Purification of an alpha-N-acetylglucosaminyltransferase from the yeast Kluyveromyces lactis and a study of mutants defective in this enzyme activity.

An enzyme activity in Kluyveromyces lactis that catalyzes the transfer of N-acetylglucosamine from uridine diphosphate N-acetylglucosamine to alpha Man(1 leads to 3) alpha Man ( 1 leads to 2) alpha Man (1 leads to 2)Man to yield alpha Man(1 leads to 3) [alpha GlcNAc(1 leads to 2)] alpha Man(1 leads to 2) alpha Man (1 leads to 2)Man, a mannoprotein side-chain unit, has been solubilized by Triton X-100 and purified 18000-fold by a combination of ion-exchange chromatography, gel filtration, hydrophobic chromatography, and adsorption to a lectin column.
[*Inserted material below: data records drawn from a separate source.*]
// What was measured.
ghost use Rattle.std.specs.Prelude.{◌≡◌, ◌<◌, length, pos, slice_index_or};
ghost use Rattle.tda_places.specs.Measurements.{measured_at, AreMeasurementsOf, IsWithinLimit, StandsBeside};
ghost use Rattle.tda_places.specs.Places.{IsPlace};

use crate::Place;
use crate::index::index_of;
use std::marker::Model;
use tda_schema::Schema;
use tda_spine::Spine;

/// A whole number for each place, in the order of the places, each within 2^31 of 0. Eight bytes are kept for each, where
/// they were read or measured.
#[derive(Debug, Drop)]
pub struct Measurements {
    numbers: Vec<i64>,
}

impl Model for Measurements {
    ghost use Rattle.std.specs.Prelude.{ℤ, List};
    ghost use Rattle.tda_places.specs.Measurements.{AreWithinLimit};

    ghost Value = { List ℤ };

    ghost view = { λ m. m.numbers.items };

    ghost invariant = { λ m. AreWithinLimit m.numbers.items };
}

impl Measurements {
    /// The measurements of these numbers, one for each place.
    pub fn from_list(schema: &Schema, spine: &Spine, list: Vec<i64>) -> Measurements
        requires { AreMeasurementsOf schema.now spine.now list.items }
        ensures { result ≡ list.items }
    {
        let _ = schema;
        let _ = spine;
        Measurements { numbers: list }
    }

    // The numbers in order.
    pub(crate) fn numbers(&self) -> &[i64]
        ensures { result.now ≡ self.now }
    {
        &self.numbers
    }

    /// The measurement of the place at an index, within 2^31 of 0.
    pub fn get(&self, index: u64) -> i64
        requires { index < length self.now }
        ensures value { result ≡ slice_index_or self.now index (pos 0) }
        ensures limit { IsWithinLimit result }
    {
        self.numbers[index as usize]
    }

    /// The measurement of a place, within 2^31 of 0.
    pub fn at(&self, schema: &Schema, spine: &Spine, place: Place) -> i64
        requires belong { spine.now.depth ≡ length schema.now.levels }
        requires measured { AreMeasurementsOf schema.now spine.now self.now }
        requires place { IsPlace schema.now spine.now place }
        ensures value { result ≡ measured_at schema.now spine.now self.now place }
        ensures beside { StandsBeside schema.now spine.now self.now place result }
        ensures limit { IsWithinLimit result }
    {
        self.get(index_of(schema, spine, place))
    }
}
The enzyme activity from a K. lactis mutant (mnn2-2) that made mannoprotein lacking N-acetylglucosamine in its side chains, but that possessed a normal level of transferase activity in cell extracts, was purified and compared with the enzyme from the wild-type strain. Both transferase activities are integral membrane proteins found in particles associated with endoplasmic reticulum. The two purified enzymes had the same apparent size, heat stability, Mn2+ requirement, and Km for donor and acceptor and a similar Vmax. Wild-type and mutant cells had similar pool sizes of sugar nucleotide donor, and they incorporated labeled N-acetylglucosamine into chitin at similar rates. No evidence was obtained for an inactive enzyme precursor in mutant cells that was activated upon breaking the cells, nor did the mutant cells contain a transferase inhibitor or a hexosaminidase that could remove the sugar from the mannoprotein during processing and secretion. The mnn2-2 locus appears to be allelic with a second mutant, mnn2-1, that has the same phenotype but that lacks transferase activity in cell extracts. This suggests that the two mutations affect the structural gene for the transferase, and we conclude that the mnn2-2 mutant could contain an altered enzyme that fails to function because it is improperly localized or oriented in the membrane.